[[ RECORDS PROVIDED, beginning ]]

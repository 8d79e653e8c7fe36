//! What a service sends its metrics to a DogStatsD agent with: a recorder, which threads register series at and count through,
//! and a forwarder, which sends what was counted. Both are of one exporter's state, which they share in turns.
//!
//! A recorder of the whole program, a counter of it, and a flush that is sent:
//!
//!     let mut forwarder = DogStatsDBuilder::new(alloc)?.install(alloc, &cell, &mut note)?;
//!     let mut requests = HeldCounter::new(recorder.register_counter(rt, alloc, &key, &metadata)?);
//!     requests.increment(rt, 1);
//!     let report = forwarder.run_once(rt, alloc, moment, &mut words, &mut link)?;
//!
//! `DogStatsDRecorder` is the recorder, `Forwarder` the forwarder, `BuildForwarder` makes both of a builder's settings, `HeldCounter`,
//! `HeldGauge` and `HeldHistogram` are what a thread counts with, and `Telemetry` is what the exporter counts of its own work.
#![tactic(auto)]

mod building;
mod configuration;
mod forwarder;
mod held;
mod held_pass;
mod own_counters;
mod recorder;
mod registering;
mod telemetry;

pub use building::BuildForwarder;
pub use configuration::ForwarderConfiguration;
pub use forwarder::Forwarder;
pub use held::{HeldCounter, HeldGauge, HeldHistogram};
pub use own_counters::{OWN_COUNTERS, OwnCounter};
pub use recorder::DogStatsDRecorder;
pub use telemetry::{OwnCount, Telemetry};
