//! The counters that an exporter keeps of its own work: their names and labels, and what an update adds to each.

ghost use Rattle.std.specs.Prelude.{◌≡◌, IfOk, option_copied};
ghost use Rattle.dsd_forwarder.specs.OwnCounters.{own_name, own_type, own_key, added};

use dsd_exporter::TelemetryUpdate;
use metrics_core::{Key, KeyName, Label, Memory, MetricKind, SharedString};
use std::alloc::Global;

/// One of the counters that an exporter keeps of its own work.
#[derive(Clone, Copy, Debug, PartialEq, Eq)]
pub enum OwnCounter {
    /// The points of all kinds.
    Metrics,
    /// The points of a kind.
    MetricsByType(MetricKind),
    /// The payloads that were sent.
    PacketsSent,
    /// Their bytes.
    BytesSent,
    /// One for each failed send, and one for each series with a point that was left out.
    PacketsDropped,
    /// The payloads whose send failed.
    PacketsDroppedWriter,
    /// Their bytes.
    BytesDropped,
    /// Their bytes as well: nothing else drops bytes.
    BytesDroppedWriter,
    /// The series with a point that was left out, each time one is sent.
    PacketsDroppedSerializer,
    /// The series of all kinds, each time one is sent.
    AggregatedContext,
    /// The series of a kind, each time one is sent.
    AggregatedContextByType(MetricKind),
}

/// All of them, in the order in which they are registered.
pub const OWN_COUNTERS: [OwnCounter; 15] = [
    OwnCounter::Metrics,
    OwnCounter::MetricsByType(MetricKind::Counter),
    OwnCounter::MetricsByType(MetricKind::Gauge),
    OwnCounter::MetricsByType(MetricKind::Histogram),
    OwnCounter::PacketsSent,
    OwnCounter::BytesSent,
    OwnCounter::PacketsDropped,
    OwnCounter::PacketsDroppedWriter,
    OwnCounter::BytesDropped,
    OwnCounter::BytesDroppedWriter,
    OwnCounter::PacketsDroppedSerializer,
    OwnCounter::AggregatedContext,
    OwnCounter::AggregatedContextByType(MetricKind::Counter),
    OwnCounter::AggregatedContextByType(MetricKind::Gauge),
    OwnCounter::AggregatedContextByType(MetricKind::Histogram),
];

impl OwnCounter {
    /// The name of its series.
    pub fn name(self) -> &'static str
        ensures { result.now ≡ own_name self }
    {
        match self {
            OwnCounter::Metrics => "datadog.dogstatsd.client.metrics",
            OwnCounter::MetricsByType(_) => "datadog.dogstatsd.client.metrics_by_type",
            OwnCounter::PacketsSent => "datadog.dogstatsd.client.packets_sent",
            OwnCounter::BytesSent => "datadog.dogstatsd.client.bytes_sent",
            OwnCounter::PacketsDropped => "datadog.dogstatsd.client.packets_dropped",
            OwnCounter::PacketsDroppedWriter => "datadog.dogstatsd.client.packets_dropped_writer",
            OwnCounter::BytesDropped => "datadog.dogstatsd.client.bytes_dropped",
            OwnCounter::BytesDroppedWriter => "datadog.dogstatsd.client.bytes_dropped_writer",
            OwnCounter::PacketsDroppedSerializer => {
                "datadog.dogstatsd.client.packets_dropped_serializer"
            }
            OwnCounter::AggregatedContext => "datadog.dogstatsd.client.aggregated_context",
            OwnCounter::AggregatedContextByType(_) => {
                "datadog.dogstatsd.client.aggregated_context_by_type"
            }
        }
    }

    /// The label `metrics_type` of its series, where it has one.
    pub fn metrics_type(self) -> Option<&'static str>
        ensures { option_copied result ≡ own_type self }
    {
        match self {
            OwnCounter::MetricsByType(kind) | OwnCounter::AggregatedContextByType(kind) => {
                Some(type_text(kind))
            }
            OwnCounter::Metrics
            | OwnCounter::PacketsSent
            | OwnCounter::BytesSent
            | OwnCounter::PacketsDropped
            | OwnCounter::PacketsDroppedWriter
            | OwnCounter::BytesDropped
            | OwnCounter::BytesDroppedWriter
            | OwnCounter::PacketsDroppedSerializer
            | OwnCounter::AggregatedContext => None,
        }
    }

    /// The key of its series, where payloads go by this transport.
    pub fn key(self, alloc: Global, transport: &'static str) -> Result<Key, Memory>
        ensures { IfOk result (λ key. key ≡ own_key transport.now self) }
    {
        let mut labels = vec![in alloc;
            Label::from_static_parts("client", "rust"),
            Label::from_static_parts("client_version", "0.9.8"),
            Label::from_static_parts("client_transport", transport),
        ]?;
        if let Some(metrics_type) = self.metrics_type() {
            labels.push(Label::from_static_parts("metrics_type", metrics_type))?;
        }
        Ok(Key::from_parts(KeyName::from_const_str(self.name()), labels))
    }

    /// What an update adds to it, modulo 2^64.
    pub fn added(self, update: &TelemetryUpdate) -> u64
        ensures { result ≡ added update.now self }
    {
        match self {
            OwnCounter::Metrics => points(update),
            OwnCounter::MetricsByType(kind) => points_of(update, kind),
            OwnCounter::PacketsSent => update.packets_sent(),
            OwnCounter::BytesSent => update.bytes_sent(),
            OwnCounter::PacketsDropped => update
                .packets_unsent()
                .wrapping_add(update.failed_serializations()),
            OwnCounter::PacketsDroppedWriter => update.packets_unsent(),
            OwnCounter::BytesDropped | OwnCounter::BytesDroppedWriter => update.bytes_unsent(),
            OwnCounter::PacketsDroppedSerializer => update.failed_serializations(),
            OwnCounter::AggregatedContext => contexts(update),
            OwnCounter::AggregatedContextByType(kind) => contexts_of(update, kind),
        }
    }
}

ghost use Rattle.dsd_forwarder.specs.OwnCounters.{kind_text, points_of, contexts_of, all_points, all_contexts};

/// How a kind is called in a label.
fn type_text(kind: MetricKind) -> &'static str
    ensures { result.now ≡ kind_text kind }
{
    match kind {
        MetricKind::Counter => "count",
        MetricKind::Gauge => "gauge",
        MetricKind::Histogram => "histogram",
    }
}

/// The points of a kind.
fn points_of(update: &TelemetryUpdate, kind: MetricKind) -> u64
    ensures { result ≡ points_of update.now kind }
{
    match kind {
        MetricKind::Counter => update.counter_points(),
        MetricKind::Gauge => update.gauge_points(),
        MetricKind::Histogram => update.histogram_points(),
    }
}

/// The series of a kind that were sent.
fn contexts_of(update: &TelemetryUpdate, kind: MetricKind) -> u64
    ensures { result ≡ contexts_of update.now kind }
{
    match kind {
        MetricKind::Counter => update.counter_contexts(),
        MetricKind::Gauge => update.gauge_contexts(),
        MetricKind::Histogram => update.histogram_contexts(),
    }
}

/// The points of all kinds, modulo 2^64.
fn points(update: &TelemetryUpdate) -> u64
    ensures { result ≡ all_points update.now }
{
    update
        .counter_points()
        .wrapping_add(update.gauge_points())
        .wrapping_add(update.histogram_points())
}

/// The series of all kinds that were sent, modulo 2^64.
fn contexts(update: &TelemetryUpdate) -> u64
    ensures { result ≡ all_contexts update.now }
{
    update
        .counter_contexts()
        .wrapping_add(update.gauge_contexts())
        .wrapping_add(update.histogram_contexts())
}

[[ RECORDS PROVIDED, end ]]

* **WHAT TO WORK ON**
Begin with the first line of the records and finish with the line containing "pub use configuration::ForwarderConfiguration;". Reproduce those lines exactly, both ends included, and nothing else.

* **PROBLEM SOLUTION**
repository 8d79e653e8c7fe36
//! What a service sends its metrics to a DogStatsD agent with: a recorder, which threads register series at and count through,
//! and a forwarder, which sends what was counted. Both are of one exporter's state, which they share in turns.
//!
//! A recorder of the whole program, a counter of it, and a flush that is sent:
//!
//!     let mut forwarder = DogStatsDBuilder::new(alloc)?.install(alloc, &cell, &mut note)?;
//!     let mut requests = HeldCounter::new(recorder.register_counter(rt, alloc, &key, &metadata)?);
//!     requests.increment(rt, 1);
//!     let report = forwarder.run_once(rt, alloc, moment, &mut words, &mut link)?;
//!
//! `DogStatsDRecorder` is the recorder, `Forwarder` the forwarder, `BuildForwarder` makes both of a builder's settings, `HeldCounter`,
//! `HeldGauge` and `HeldHistogram` are what a thread counts with, and `Telemetry` is what the exporter counts of its own work.
#![tactic(auto)]

mod building;
mod configuration;
mod forwarder;
mod held;
mod held_pass;
mod own_counters;
mod recorder;
mod registering;
mod telemetry;

pub use building::BuildForwarder;
pub use configuration::ForwarderConfiguration;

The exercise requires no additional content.